(Data for analysis)

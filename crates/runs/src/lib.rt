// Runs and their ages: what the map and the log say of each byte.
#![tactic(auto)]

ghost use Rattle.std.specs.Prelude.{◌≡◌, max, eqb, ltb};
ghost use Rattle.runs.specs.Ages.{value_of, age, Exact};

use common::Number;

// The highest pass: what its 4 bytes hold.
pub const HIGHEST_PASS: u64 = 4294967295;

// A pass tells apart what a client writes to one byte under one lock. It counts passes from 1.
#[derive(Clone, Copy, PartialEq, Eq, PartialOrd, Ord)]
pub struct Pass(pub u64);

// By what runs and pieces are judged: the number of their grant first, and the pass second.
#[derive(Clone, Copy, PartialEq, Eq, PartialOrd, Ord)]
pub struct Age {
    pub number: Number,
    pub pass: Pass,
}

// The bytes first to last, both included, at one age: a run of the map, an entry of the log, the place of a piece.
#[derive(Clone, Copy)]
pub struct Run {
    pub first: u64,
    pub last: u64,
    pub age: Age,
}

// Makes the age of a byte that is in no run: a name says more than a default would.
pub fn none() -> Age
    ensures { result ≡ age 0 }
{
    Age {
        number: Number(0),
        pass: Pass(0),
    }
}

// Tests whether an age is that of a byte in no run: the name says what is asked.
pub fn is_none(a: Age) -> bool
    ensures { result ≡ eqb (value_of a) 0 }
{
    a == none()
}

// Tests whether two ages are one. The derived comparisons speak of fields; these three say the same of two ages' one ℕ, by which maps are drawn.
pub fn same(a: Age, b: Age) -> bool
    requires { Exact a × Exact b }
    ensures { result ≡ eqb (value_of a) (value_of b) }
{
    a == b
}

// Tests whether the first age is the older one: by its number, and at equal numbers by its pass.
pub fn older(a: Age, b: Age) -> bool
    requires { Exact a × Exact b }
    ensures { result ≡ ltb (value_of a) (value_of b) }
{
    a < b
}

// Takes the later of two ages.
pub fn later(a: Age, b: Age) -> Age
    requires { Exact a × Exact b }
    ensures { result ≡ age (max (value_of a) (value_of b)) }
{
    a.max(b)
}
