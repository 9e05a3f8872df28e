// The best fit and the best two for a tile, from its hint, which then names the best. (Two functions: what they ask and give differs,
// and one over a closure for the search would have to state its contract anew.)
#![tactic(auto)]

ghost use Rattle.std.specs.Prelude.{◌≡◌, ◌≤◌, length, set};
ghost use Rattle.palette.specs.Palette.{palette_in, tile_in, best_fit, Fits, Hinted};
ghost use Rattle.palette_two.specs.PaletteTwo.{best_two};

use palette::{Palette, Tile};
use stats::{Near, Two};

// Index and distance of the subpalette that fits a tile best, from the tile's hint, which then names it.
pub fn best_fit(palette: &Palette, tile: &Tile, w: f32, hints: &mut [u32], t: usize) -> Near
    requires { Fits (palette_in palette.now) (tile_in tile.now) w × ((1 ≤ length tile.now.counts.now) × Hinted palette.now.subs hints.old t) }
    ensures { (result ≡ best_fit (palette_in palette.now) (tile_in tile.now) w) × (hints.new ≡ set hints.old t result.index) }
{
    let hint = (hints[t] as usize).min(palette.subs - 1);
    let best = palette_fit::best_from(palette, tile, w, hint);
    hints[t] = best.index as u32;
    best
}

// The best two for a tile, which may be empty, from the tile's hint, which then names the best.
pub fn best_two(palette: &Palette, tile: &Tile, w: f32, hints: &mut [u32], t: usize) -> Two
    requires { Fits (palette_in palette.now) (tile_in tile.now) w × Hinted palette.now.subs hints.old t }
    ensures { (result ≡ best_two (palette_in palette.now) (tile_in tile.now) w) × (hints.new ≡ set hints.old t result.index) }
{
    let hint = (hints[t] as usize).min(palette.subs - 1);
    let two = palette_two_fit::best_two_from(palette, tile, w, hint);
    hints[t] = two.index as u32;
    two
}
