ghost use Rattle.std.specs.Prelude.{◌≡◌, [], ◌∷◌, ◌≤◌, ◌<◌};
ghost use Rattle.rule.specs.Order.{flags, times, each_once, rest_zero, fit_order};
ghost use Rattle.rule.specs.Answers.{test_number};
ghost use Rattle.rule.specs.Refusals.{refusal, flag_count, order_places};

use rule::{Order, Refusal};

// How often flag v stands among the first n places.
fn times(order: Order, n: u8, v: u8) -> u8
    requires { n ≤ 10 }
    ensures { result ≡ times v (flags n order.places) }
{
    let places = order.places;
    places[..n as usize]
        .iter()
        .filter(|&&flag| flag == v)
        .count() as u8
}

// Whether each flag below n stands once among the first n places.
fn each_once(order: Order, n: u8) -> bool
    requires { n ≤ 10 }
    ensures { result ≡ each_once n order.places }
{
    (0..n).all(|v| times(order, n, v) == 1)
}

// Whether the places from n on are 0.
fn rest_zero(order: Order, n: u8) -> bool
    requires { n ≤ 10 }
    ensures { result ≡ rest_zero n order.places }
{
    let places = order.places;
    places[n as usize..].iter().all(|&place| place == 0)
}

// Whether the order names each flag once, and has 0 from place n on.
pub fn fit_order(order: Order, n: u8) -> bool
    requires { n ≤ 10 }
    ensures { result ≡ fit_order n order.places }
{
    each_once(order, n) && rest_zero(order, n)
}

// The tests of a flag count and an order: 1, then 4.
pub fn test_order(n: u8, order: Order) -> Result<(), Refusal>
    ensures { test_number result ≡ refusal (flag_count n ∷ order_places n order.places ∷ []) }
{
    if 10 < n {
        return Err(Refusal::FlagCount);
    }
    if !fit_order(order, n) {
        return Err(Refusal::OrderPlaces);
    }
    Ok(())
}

(End Data for analysis)

What to produce: Your answer must be the complete listing, retyped exactly.

Solution to the exercise:
filename crates/runs/src/lib.rt
// Runs and their ages: what the map and the log say of each byte.
#![tactic(auto)]

ghost use Rattle.std.specs.Prelude.{◌≡◌, max, eqb, ltb};
ghost use Rattle.runs.specs.Ages.{value_of, age, Exact};

use common::Number;

// The highest pass: what its 4 bytes hold.
pub const HIGHEST_PASS: u64 = 4294967295;

// A pass tells apart what a client writes to one byte under one lock. It counts passes from 1.
#[derive(Clone, Copy, PartialEq, Eq, PartialOrd, Ord)]
pub struct Pass(pub u64);

// By what runs and pieces are judged: the number of their grant first, and the pass second.
#[derive(Clone, Copy, PartialEq, Eq, PartialOrd, Ord)]
pub struct Age {
    pub number: Number,
    pub pass: Pass,
}

// The bytes first to last, both included, at one age: a run of the map, an entry of the log, the place of a piece.
#[derive(Clone, Copy)]
pub struct Run {
    pub first: u64,
    pub last: u64,
    pub age: Age,
}

// Makes the age of a byte that is in no run: a name says more than a default would.
pub fn none() -> Age
    ensures { result ≡ age 0 }
{
    Age {
        number: Number(0),
        pass: Pass(0),
    }
}

// Tests whether an age is that of a byte in no run: the name says what is asked.
pub fn is_none(a: Age) -> bool
    ensures { result ≡ eqb (value_of a) 0 }
{
    a == none()
}

// Tests whether two ages are one. The derived comparisons speak of fields; these three say the same of two ages' one ℕ, by which maps are drawn.
pub fn same(a: Age, b: Age) -> bool
    requires { Exact a × Exact b }
    ensures { result ≡ eqb (value_of a) (value_of b) }
{
    a == b
}

// Tests whether the first age is the older one: by its number, and at equal numbers by its pass.
pub fn older(a: Age, b: Age) -> bool
    requires { Exact a × Exact b }
    ensures { result ≡ ltb (value_of a) (value_of b) }
{
    a < b
}

// Takes the later of two ages.
pub fn later(a: Age, b: Age) -> Age
    requires { Exact a × Exact b }
    ensures { result ≡ age (max (value_of a) (value_of b)) }
{
    a.max(b)
}
repository 9e05a3f8872df28e
// The best fit and the best two for a tile, from its hint, which then names the best. (Two functions: what they ask and give differs,
// and one over a closure for the search would have to state its contract anew.)
#![tactic(auto)]

ghost use Rattle.std.specs.Prelude.{◌≡◌, ◌≤◌, length, set};
ghost use Rattle.palette.specs.Palette.{palette_in, tile_in, best_fit, Fits, Hinted};
ghost use Rattle.palette_two.specs.PaletteTwo.{best_two};

use palette::{Palette, Tile};
use stats::{Near, Two};

// Index and distance of the subpalette that fits a tile best, from the tile's hint, which then names it.
pub fn best_fit(palette: &Palette, tile: &Tile, w: f32, hints: &mut [u32], t: usize) -> Near
    requires { Fits (palette_in palette.now) (tile_in tile.now) w × ((1 ≤ length tile.now.counts.now) × Hinted palette.now.subs hints.old t) }
    ensures { (result ≡ best_fit (palette_in palette.now) (tile_in tile.now) w) × (hints.new ≡ set hints.old t result.index) }
{
    let hint = (hints[t] as usize).min(palette.subs - 1);
    let best = palette_fit::best_from(palette, tile, w, hint);
    hints[t] = best.index as u32;
    best
}

// The best two for a tile, which may be empty, from the tile's hint, which then names the best.
pub fn best_two(palette: &Palette, tile: &Tile, w: f32, hints: &mut [u32], t: usize) -> Two
    requires { Fits (palette_in palette.now) (tile_in tile.now) w × Hinted palette.now.subs hints.old t }
    ensures { (result ≡ best_two (palette_in palette.now) (tile_in tile.now) w) × (hints.new ≡ set hints.old t result.index) }
{
    let hint = (hints[t] as usize).min(palette.subs - 1);
    let two = palette_two_fit::best_two_from(palette, tile, w, hint);
    hints[t] = two.index as u32;
    two
}
ghost use Rattle.std.specs.Prelude.{◌≡◌, [], ◌∷◌, ◌≤◌, ◌<◌};
ghost use Rattle.rule.specs.Order.{flags, times, each_once, rest_zero, fit_order};
ghost use Rattle.rule.specs.Answers.{test_number};
ghost use Rattle.rule.specs.Refusals.{refusal, flag_count, order_places};

use rule::{Order, Refusal};

// How often flag v stands among the first n places.
fn times(order: Order, n: u8, v: u8) -> u8
    requires { n ≤ 10 }
    ensures { result ≡ times v (flags n order.places) }
{
    let places = order.places;
    places[..n as usize]
        .iter()
        .filter(|&&flag| flag == v)
        .count() as u8
}

// Whether each flag below n stands once among the first n places.
fn each_once(order: Order, n: u8) -> bool
    requires { n ≤ 10 }
    ensures { result ≡ each_once n order.places }
{
    (0..n).all(|v| times(order, n, v) == 1)
}

// Whether the places from n on are 0.
fn rest_zero(order: Order, n: u8) -> bool
    requires { n ≤ 10 }
    ensures { result ≡ rest_zero n order.places }
{
    let places = order.places;
    places[n as usize..].iter().all(|&place| place == 0)
}

// Whether the order names each flag once, and has 0 from place n on.
pub fn fit_order(order: Order, n: u8) -> bool
    requires { n ≤ 10 }
    ensures { result ≡ fit_order n order.places }
{
    each_once(order, n) && rest_zero(order, n)
}

// The tests of a flag count and an order: 1, then 4.
pub fn test_order(n: u8, order: Order) -> Result<(), Refusal>
    ensures { test_number result ≡ refusal (flag_count n ∷ order_places n order.places ∷ []) }
{
    if 10 < n {
        return Err(Refusal::FlagCount);
    }
    if !fit_order(order, n) {
        return Err(Refusal::OrderPlaces);
    }
    Ok(())
}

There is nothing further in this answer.